> _PROBLEM STATEMENT_
Write out the whole listing word for word.

> _SUPPLIED INFORMATION_
// The order of settings and endpoints: which descriptor may come next, and the order after it.
ghost use Rattle.std.specs.Prelude.{◌≡◌, ◌≤◌, ◌<◌};
ghost use Rattle.descriptors.specs.declared.limits.Limits.{Limits};
ghost use Rattle.descriptors.specs.Limits.{ranges_of};
ghost use Rattle.descriptors.specs.Sequence.{next_of, Places, Begins, good_kind, comes, listed_in, setting_out};

use crate::limits;
use crate::limits::{Limits, Ranges, Speed};
use crate::lookup::bit_of;
use crate::walk::BEFORE_FIRST;

// How far the check of a body is with its settings and endpoints: numbers of one width, so that a compiler keeps them in registers.
// `last` is the setting of the descriptor before, as the step gives it. `coming` endpoints are still to come. A bit for each address: `others` are
// those of the interfaces before, `own` those of this interface's settings, `setting` those of this setting.
// Kept: docs/TRACE.md names begin and may_come, so their argument's type asks nothing more.
#[derive(Clone, Copy)]
pub struct Order {
    pub last: u32,
    pub coming: u32,
    pub others: u32,
    pub own: u32,
    pub setting: u32,
}

pub fn set_out() -> Order
    ensures { result ≡ setting_out }
{
    Order {
        last: BEFORE_FIRST,
        coming: 0,
        others: 0,
        own: 0,
        setting: 0,
    }
}

// The number of the next interface's first setting.
pub fn next_of(last: u32) -> u32
    ensures { result ≡ next_of last }
{
    (last % 256 + 1) % 256
}

// The order with the addresses once a setting is begun, by its number, if it may come.
// The whole order is handed on, since a compiler copies two numbers alone as one and takes them apart at each endpoint.
fn place(order: Order, setting: u32) -> Option<Order>
    requires { order.last < 131072 }
    ensures { Places order setting result }
{
    if setting == order.last + 256 {
        if setting < 4096 {
            return Some(order);
        }
        return None;
    }
    if setting == next_of(order.last) {
        if setting < 16 {
            return Some(Order {
                others: order.others | order.own,
                own: 0,
                ..order
            });
        }
    }
    None
}

// The order after an interface descriptor, whose setting the step told, if it may come.
pub fn begin(d: &[u8], setting: u32, order: Order) -> Option<Order>
    requires { order.last < 131072 }
    ensures { Begins order setting d.now result }
{
    if d.len() < 9 {
        return None;
    }
    if order.coming != 0 {
        return None;
    }
    let placed = place(order, setting)?;
    Some(Order {
        last: setting,
        coming: octets::peek(d, 4) as u32,
        others: placed.others,
        own: placed.own,
        setting: 0,
    })
}

// An endpoint's attributes, size and interval, by a speed's ranges.
pub fn good_kind_in(ranges: Ranges, attributes: u8, size: u16, interval: u8) -> bool
    ensures { (limits : Limits) → ranges ≡ ranges_of limits.speed → result ≡ good_kind limits attributes size interval }
{
    if attributes == 3 {
        return limits::is_sized(ranges.bursts, ranges.interrupt, size)
            & limits::is_within(ranges.polling, interval as u16);
    }
    if attributes == 2 {
        return limits::is_doubled(ranges.bulk, size);
    }
    if attributes % 4 == 1 {
        return (attributes <= 63)
            & limits::is_sized(ranges.bursts, ranges.isochronous, size)
            & limits::is_within(ranges.period, interval as u16);
    }
    false
}

// The same by a row of limits.
// Kept: each arm knows its ranges, so that a compiler compares with constants. To open 16,000 bytes of endpoints hk_open takes 155,394
// instructions on x86-64, and by `speed.ranges()` 207,018.
pub fn good_kind(limits: Limits, attributes: u8, size: u16, interval: u8) -> bool
    ensures { result ≡ good_kind limits attributes size interval }
{
    let speed = limits.speed;
    match speed {
        Speed::Full => good_kind_in(Speed::Full.ranges(), attributes, size, interval),
        Speed::High => good_kind_in(Speed::High.ranges(), attributes, size, interval),
        Speed::Super => good_kind_in(Speed::Super.ranges(), attributes, size, interval),
    }
}

// An endpoint descriptor may come, whatever its attributes, size and interval.
pub fn may_come(d: &[u8], order: Order) -> bool
    ensures { result ≡ comes order d.now }
{
    if d.len() < 7 {
        return false;
    }
    if order.coming == 0 {
        return false;
    }
    let address = octets::peek(d, 2);
    if limits::good_address(address) {
        return !octets::test_bit(order.others | order.setting, bit_of(address));
    }
    false
}

// The order after it.
pub fn list(d: &[u8], order: Order) -> Order
    requires { 1 ≤ order.coming }
    ensures { result ≡ listed_in order d.now }
{
    let e = bit_of(octets::peek(d, 2));
    Order {
        last: order.last,
        coming: order.coming - 1,
        others: order.others,
        own: octets::set_bit(order.own, e),
        setting: octets::set_bit(order.setting, e),
    }
}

> _SOLVED EXERCISE_
// The order of settings and endpoints: which descriptor may come next, and the order after it.
ghost use Rattle.std.specs.Prelude.{◌≡◌, ◌≤◌, ◌<◌};
ghost use Rattle.descriptors.specs.declared.limits.Limits.{Limits};
ghost use Rattle.descriptors.specs.Limits.{ranges_of};
ghost use Rattle.descriptors.specs.Sequence.{next_of, Places, Begins, good_kind, comes, listed_in, setting_out};

use crate::limits;
use crate::limits::{Limits, Ranges, Speed};
use crate::lookup::bit_of;
use crate::walk::BEFORE_FIRST;

// How far the check of a body is with its settings and endpoints: numbers of one width, so that a compiler keeps them in registers.
// `last` is the setting of the descriptor before, as the step gives it. `coming` endpoints are still to come. A bit for each address: `others` are
// those of the interfaces before, `own` those of this interface's settings, `setting` those of this setting.
// Kept: docs/TRACE.md names begin and may_come, so their argument's type asks nothing more.
#[derive(Clone, Copy)]
pub struct Order {
    pub last: u32,
    pub coming: u32,
    pub others: u32,
    pub own: u32,
    pub setting: u32,
}

pub fn set_out() -> Order
    ensures { result ≡ setting_out }
{
    Order {
        last: BEFORE_FIRST,
        coming: 0,
        others: 0,
        own: 0,
        setting: 0,
    }
}

// The number of the next interface's first setting.
pub fn next_of(last: u32) -> u32
    ensures { result ≡ next_of last }
{
    (last % 256 + 1) % 256
}

// The order with the addresses once a setting is begun, by its number, if it may come.
// The whole order is handed on, since a compiler copies two numbers alone as one and takes them apart at each endpoint.
fn place(order: Order, setting: u32) -> Option<Order>
    requires { order.last < 131072 }
    ensures { Places order setting result }
{
    if setting == order.last + 256 {
        if setting < 4096 {
            return Some(order);
        }
        return None;
    }
    if setting == next_of(order.last) {
        if setting < 16 {
            return Some(Order {
                others: order.others | order.own,
                own: 0,
                ..order
            });
        }
    }
    None
}

// The order after an interface descriptor, whose setting the step told, if it may come.
pub fn begin(d: &[u8], setting: u32, order: Order) -> Option<Order>
    requires { order.last < 131072 }
    ensures { Begins order setting d.now result }
{
    if d.len() < 9 {
        return None;
    }
    if order.coming != 0 {
        return None;
    }
    let placed = place(order, setting)?;
    Some(Order {
        last: setting,
        coming: octets::peek(d, 4) as u32,
        others: placed.others,
        own: placed.own,
        setting: 0,
    })
}

// An endpoint's attributes, size and interval, by a speed's ranges.
pub fn good_kind_in(ranges: Ranges, attributes: u8, size: u16, interval: u8) -> bool
    ensures { (limits : Limits) → ranges ≡ ranges_of limits.speed → result ≡ good_kind limits attributes size interval }
{
    if attributes == 3 {
        return limits::is_sized(ranges.bursts, ranges.interrupt, size)
            & limits::is_within(ranges.polling, interval as u16);
    }
    if attributes == 2 {
        return limits::is_doubled(ranges.bulk, size);
    }
    if attributes % 4 == 1 {
        return (attributes <= 63)
            & limits::is_sized(ranges.bursts, ranges.isochronous, size)
            & limits::is_within(ranges.period, interval as u16);
    }
    false
}

// The same by a row of limits.
// Kept: each arm knows its ranges, so that a compiler compares with constants. To open 16,000 bytes of endpoints hk_open takes 155,394
// instructions on x86-64, and by `speed.ranges()` 207,018.
pub fn good_kind(limits: Limits, attributes: u8, size: u16, interval: u8) -> bool
    ensures { result ≡ good_kind limits attributes size interval }
{
    let speed = limits.speed;
    match speed {
        Speed::Full => good_kind_in(Speed::Full.ranges(), attributes, size, interval),
        Speed::High => good_kind_in(Speed::High.ranges(), attributes, size, interval),
        Speed::Super => good_kind_in(Speed::Super.ranges(), attributes, size, interval),
    }
}

// An endpoint descriptor may come, whatever its attributes, size and interval.
pub fn may_come(d: &[u8], order: Order) -> bool
    ensures { result ≡ comes order d.now }
{
    if d.len() < 7 {
        return false;
    }
    if order.coming == 0 {
        return false;
    }
    let address = octets::peek(d, 2);
    if limits::good_address(address) {
        return !octets::test_bit(order.others | order.setting, bit_of(address));
    }
    false
}

// The order after it.
pub fn list(d: &[u8], order: Order) -> Order
    requires { 1 ≤ order.coming }
    ensures { result ≡ listed_in order d.now }
{
    let e = bit_of(octets::peek(d, 2));
    Order {
        last: order.last,
        coming: order.coming - 1,
        others: order.others,
        own: octets::set_bit(order.own, e),
        setting: octets::set_bit(order.setting, e),
    }
}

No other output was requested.